[[ Dataset entries open ]]

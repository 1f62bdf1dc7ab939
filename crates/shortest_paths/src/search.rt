//! The search for a least path to one sink.
ghost use Rattle.std.specs.Prelude.{◌≡◌, ℕ, ◌+◌, ◌*◌, ◌<◌, ◌≤◌, ◌^◌, List, [], ◌∷◌, ◌++◌, true, false};
ghost use Rattle.std.specs.Prelude.{length, slice_index, slice_index_or, slice_set, Option, OnOk, IfOk, IfSome};
ghost use Rattle.flow_network.specs.declared.arcs.ArcNo.{ArcNo};
ghost use Rattle.flow_network.specs.Flows.{tail_of, head_of};
ghost use Rattle.shortest_paths.specs.Lists.{AreSized, source_at, inner_at, matched_at, stack_arcs};
ghost use Rattle.shortest_paths.specs.Finding.{reached_at};
ghost use Rattle.shortest_paths.specs.Lowering.{lowered};
ghost use Rattle.shortest_paths.specs.ToSink.{far};
ghost use Rattle.shortest_paths.specs.Searching.{ListsReached, IsAtRest, IsLeft, LeadsBack, distance_at};
ghost use Rattle.shortest_paths.specs.Searching.{arrival_at, trace_to};
ghost use Rattle.shortest_paths.specs.Search.{tables, problem, option_list, MaySearch, Searches, ComesTo};
ghost use Rattle.shortest_paths.specs.Search.{EndsSearch, IsCursor, IsNextArc, Spends, Falls};

use crate::arrival::Arrival;
use crate::queue::Queue;
use crate::reduced_costs::{leaving, reduced};
use crate::{Potentials, Query, ResidualArcs};
use flow_network::{ArcNo, Meter};
use node_ids::Layout;
use std::alloc::{AllocError, Global};

/// The tables of the searches. Between two searches no node is reached.
pub struct Search {
    distances: Vec<u64>,
    arrivals: Vec<Arrival>,
    reached: Vec<usize>,
    settled: Vec<bool>,
    left: Vec<usize>,
    stack: Vec<usize>,
    queue: Queue,
}

// (one call wherever it is dropped)
impl Drop for Search {
    fn drop(self) {
        let Search {
            distances: _,
            arrivals: _,
            reached: _,
            settled: _,
            left: _,
            stack: _,
            queue: _,
        } = self;
    }
}
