//! Nodes that show facts about all runs by potentials: their parts, when they are accepted, and that an accepted node
//! states a fact that holds. The functions here have no code: the contract of each is a law, or values that were worked
//! out by hand.
#![tactic(auto)]

ghost use Rattle.potential_nodes.specs.Certificates.{CertificatesOfProductsHold};
ghost use Rattle.potential_nodes.specs.Checks.{RefusalsAreFailures};
ghost use Rattle.potential_nodes.specs.PlainFacts.{PlainFactsHold, SignedCostsAreCosts};
ghost use Rattle.potential_nodes.specs.Acceptance.{AcceptedNodesHold, AcceptedLemmasHold, FirstRefusalsAreFirst};
ghost use Rattle.potential_nodes.specs.FactMeanings.{FactsBoundRuns};
ghost use Rattle.potential_nodes.specs.Laws.{FallsAreSound, PeaksAreSound};
ghost use Rattle.potential_nodes.specs.Worked.{CertificatesAreWorkedOut, FallsAreWorkedOut, PeaksAreWorkedOut};
ghost use Rattle.potential_nodes.specs.Worked.{CombinationsAreWorkedOut, PhaseNodesAreWorkedOut, LoopsAreBounded};
ghost use Rattle.potential_nodes.specs.WorkedCosts.{CostsAreWorkedOut};

/// A goal that a certificate shows is at least 0 wherever the rows are.
pub fn certificates_of_products_hold()
    ensures { CertificatesOfProductsHold }
{}

/// No check of a list is refused exactly if all checks hold, and a refusal has the reason of the first check that
/// fails.
pub fn refusals_are_failures()
    ensures { RefusalsAreFailures }
{}

/// No lemma of a list is refused exactly if each is accepted after the facts of those before it, and the refusal of a
/// list has the number and the reason of the first lemma that isn't accepted.
pub fn refusals_are_first()
    ensures { FirstRefusalsAreFirst }
{}

/// What signed facts mean for runs: they bound how often a rule occurs, how long a run is, the cost of a rule's steps,
/// and the value at a place after a step, from above, from below and in absolute value.
pub fn facts_bound_runs()
    ensures { FactsBoundRuns }
{}

/// A fact over the absolute values of the start arguments holds as a signed one.
pub fn plain_facts_hold()
    ensures { PlainFactsHold }
{
    signed_bounds::signed_bounds_keep_values();
}

/// The sum in the signed fact on a rule's cost is what the rule's steps spend.
pub fn signed_costs_are_costs()
    ensures { SignedCostsAreCosts }
{
    signed_bounds::signed_bounds_keep_values();
}

/// Worked values of facts on costs as signed facts, which hold or don't.
pub fn costs_are_as_worked_out()
    ensures { CostsAreWorkedOut }
{
    signed_bounds::signed_bounds_keep_values();
}

/// An accepted node that pays for charges states a bound on their sum that holds on all runs.
pub fn falls_are_sound()
    ensures { FallsAreSound }
{
    signed_bounds::within_holds();
}

/// An accepted node that covers a form of a rule states a bound on it that holds at every step.
pub fn peaks_are_sound()
    ensures { PeaksAreSound }
{
    signed_bounds::within_holds();
}

/// An accepted lemma states what holds on all runs, whatever the kind of its node.
pub fn accepted_nodes_hold()
    ensures { AcceptedNodesHold }
{
    signed_bounds::within_holds();
}

/// If no lemma of a list is refused, the facts of all of them hold on all runs.
pub fn accepted_lemmas_hold()
    ensures { AcceptedLemmasHold }
{
    signed_bounds::within_holds();
}

/// Worked values of certificates and of nodes of all kinds, which are accepted, or refused for a reason.
pub fn nodes_are_as_worked_out()
    ensures certificates { CertificatesAreWorkedOut }
    ensures falls { FallsAreWorkedOut }
    ensures peaks { PeaksAreWorkedOut }
    ensures combinations { CombinationsAreWorkedOut }
    ensures phases { PhaseNodesAreWorkedOut }
{}

/// A whole example, a loop that counts A up to B: the rows of its steps are true of them, and the charge 1 of its rule
/// adds up to at most `[B - A]` in each run, but not always to 1 less.
pub fn loops_are_bounded()
    ensures { LoopsAreBounded }
{
    signed_bounds::within_holds();
    signed_bounds::squares_are_safe();
}
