//! Decides which facts the rules imply under a list of facts.

ghost use Rattle.std.specs.Prelude.{◌≡◌, ◌++◌, ◌≤◌, ◌<◌, ◌+◌, ◌^◌, ℕ, true, map, length, IfOk};
ghost use Rattle.std.specs.List.{All};
ghost use Rattle.lp_builder.specs.Descriptions.{IsWritable};
ghost use Rattle.poly_terms.specs.Views.{form_of};
ghost use Rattle.rule_questions.specs.EmptyAnswers.{IsPrepared};
ghost use Rattle.location_facts.specs.Pointed.{HasPoint};
ghost use Rattle.location_facts.specs.Implied.{DecidesEmpty, DecidesGoal, proof_in, RefutesGoal};
ghost use Rattle.location_facts.specs.Rows.{row_before as row_of, row_after as goal_of, facts_at as facts_of_symbol};

use crate::asking::{Reply, ask};
use crate::fact::{FactProof, LocFact};
use crate::rows::{combined_rows, row_after};
use farkas_cert::Scaled;
use guard_prep::RuleRows;
use poly_terms::{Memory, Row};
use rule_questions::constant_row;
use std::alloc::Global;

/// A rule under a list of facts: its combined rows, and multipliers that certify that they have no point, if the linear
/// program for these has a solution. If the rows are known to have a point, a flag says so.
#[derive(Drop)]
pub(crate) struct RuleUnderFacts {
    pub rows: Vec<Row>,
    pub empty: Option<Vec<u64>>,
    pub has_point: bool,
}

/// The answer to whether a rule implies a fact.
#[derive(Drop)]
pub(crate) enum Answered {
    /// The rule implies the fact, with this proof.
    Shown(FactProof),
    /// The rule doesn't imply the fact: at this point or ray of its rows the fact is below 0 after the rule.
    Refuted(Scaled),
    /// The rule doesn't imply the fact.
    Missed,
}

// Multipliers that certify that rows have no point, if the linear program for them has a solution, and whether a point
// of the rows was found.
fn emptiness(
    alloc: Global,
    unknowns: u32,
    rows: &[Row],
    pivots: u32,
) -> Result<(Option<Vec<u64>>, bool), Memory>
    requires few_unknowns { unknowns + 1 < 2 ^ 31 }
    requires few_rows { length rows.now + 1 < 2 ^ 31 }
    requires rows { All (λ r. IsWritable unknowns (form_of r)) rows.now }
    ensures empty { IfOk result (λ e. DecidesEmpty pivots unknowns (map form_of rows.now) e.0) }
    ensures point { IfOk result (λ e. e.1 ≡ true → HasPoint (map form_of rows.now)) }
{
    let goal = constant_row(alloc, -1);
    match ask(alloc, unknowns, rows, &goal, pivots)? {
        Reply::Follows(multipliers, _) => Ok((Some(multipliers), false)),
        Reply::Fails(_) => Ok((None, true)),
        Reply::OutOfLimits => Ok((None, false)),
    }
}

// Whether a goal follows from rows that aren't known to have no point.
fn goal_answer(
    alloc: Global,
    unknowns: u32,
    rows: &[Row],
    goal: &Row,
    pivots: u32,
) -> Result<Answered, Memory>
    requires few_unknowns { unknowns + 1 < 2 ^ 31 }
    requires few_rows { length rows.now + 1 < 2 ^ 31 }
    requires rows { All (λ r. IsWritable unknowns (form_of r)) rows.now }
    requires goal { IsWritable unknowns (form_of goal.now) }
    ensures verdict { IfOk result (λ a. DecidesEmpty pivots unknowns (map form_of rows.now) None
        → DecidesGoal pivots unknowns (map form_of rows.now) (form_of goal.now) (proof_in a)) }
    ensures stands { IfOk result (RefutesGoal unknowns (map form_of rows.now) (form_of goal.now)) }
{
    match ask(alloc, unknowns, rows, goal, pivots)? {
        Reply::Follows(multipliers, times) => {
            Ok(Answered::Shown(FactProof::Implied(multipliers, times)))
        }
        Reply::Fails(at) => Ok(Answered::Refuted(at)),
        Reply::OutOfLimits => Ok(Answered::Missed),
    }
}

/// Whether a rule implies a fact.
pub(crate) fn answer_under(
    alloc: Global,
    prepared_rule: &RuleRows,
    under: &RuleUnderFacts,
    fact: LocFact,
    pivots: u32,
) -> Result<Answered, Memory>
    requires prepared { IsPrepared prepared_rule.now }
    requires few { length under.now.rows.items ≤ 371 }
    requires rows { All (λ r. IsWritable prepared_rule.now.unknowns (form_of r)) under.now.rows.items }
    ensures verdict { IfOk result
        (λ a. DecidesEmpty pivots prepared_rule.now.unknowns (map form_of under.now.rows.items)
        under.now.empty → DecidesGoal pivots prepared_rule.now.unknowns (map form_of under.now.rows.items)
        (goal_of (map form_of prepared_rule.now.new_values.items) fact) (proof_in a)) }
    ensures stands { IfOk result (RefutesGoal prepared_rule.now.unknowns (map form_of under.now.rows.items)
        (goal_of (map form_of prepared_rule.now.new_values.items) fact)) }
{
    match &under.empty {
        Some(multipliers) => {
            let copies = multipliers.as_slice().to_vec(alloc)?;
            Ok(Answered::Shown(FactProof::Empty(copies)))
        }
        None => {
            let goal = row_after(alloc, &prepared_rule.new_values, fact)?;
            goal_answer(alloc, prepared_rule.unknowns, &under.rows, &goal, pivots)
        }
    }
}

/// A rule under a list of facts.
pub(crate) fn rule_under_facts(
    alloc: Global,
    prepared_rule: &RuleRows,
    source: u32,
    kept: &[LocFact],
    pivots: u32,
) -> Result<RuleUnderFacts, Memory>
    requires prepared { IsPrepared prepared_rule.now }
    requires few { length (map form_of prepared_rule.now.rows.items ++ map row_of (facts_of_symbol source kept.now))
        ≤ 371 }
    requires writable { All (IsWritable prepared_rule.now.unknowns)
        (map form_of prepared_rule.now.rows.items ++ map row_of (facts_of_symbol source kept.now)) }
    ensures rows { IfOk result (λ u. map form_of u.rows.items
        ≡ map form_of prepared_rule.now.rows.items ++ map row_of (facts_of_symbol source kept.now)) }
    ensures writable { IfOk result (λ u. All (λ r. IsWritable prepared_rule.now.unknowns (form_of r)) u.rows.items) }
    ensures empty { IfOk result (λ u. DecidesEmpty pivots prepared_rule.now.unknowns (map form_of u.rows.items) u.empty) }
    ensures point { IfOk result (λ u. u.has_point ≡ true → HasPoint (map form_of u.rows.items)) }
{
    let rows = combined_rows(alloc, &prepared_rule.rows, source, kept)?;
    let (empty, has_point) = emptiness(alloc, prepared_rule.unknowns, &rows, pivots)?;
    Ok(RuleUnderFacts {
        rows,
        empty,
        has_point,
    })
}

/// A rule under a list of facts, known to have a point of its combined rows. No linear program is solved.
pub(crate) fn feasible_rule_under_facts(
    alloc: Global,
    prepared_rule: &RuleRows,
    source: u32,
    kept: &[LocFact],
) -> Result<RuleUnderFacts, Memory>
    requires few { length (map form_of prepared_rule.now.rows.items ++ map row_of (facts_of_symbol source kept.now))
        ≤ 371 }
    requires writable { All (IsWritable prepared_rule.now.unknowns)
        (map form_of prepared_rule.now.rows.items ++ map row_of (facts_of_symbol source kept.now)) }
    requires point { HasPoint (map form_of prepared_rule.now.rows.items ++ map row_of (facts_of_symbol source kept.now)) }
    ensures rows { IfOk result (λ u. map form_of u.rows.items
        ≡ map form_of prepared_rule.now.rows.items ++ map row_of (facts_of_symbol source kept.now)) }
    ensures writable { IfOk result (λ u. All (λ r. IsWritable prepared_rule.now.unknowns (form_of r)) u.rows.items) }
    ensures empty { IfOk result (λ u. (pivots : ℕ)
        → DecidesEmpty pivots prepared_rule.now.unknowns (map form_of u.rows.items) u.empty) }
{
    let rows = combined_rows(alloc, &prepared_rule.rows, source, kept)?;
    Ok(RuleUnderFacts {
        rows,
        empty: None,
        has_point: true,
    })
}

[[ Dataset entries closed ]]

— Goal of the exercise —
Exactly how many lines of the material contain the word "ArcNo"? Write the number alone.

— Result of the task —
2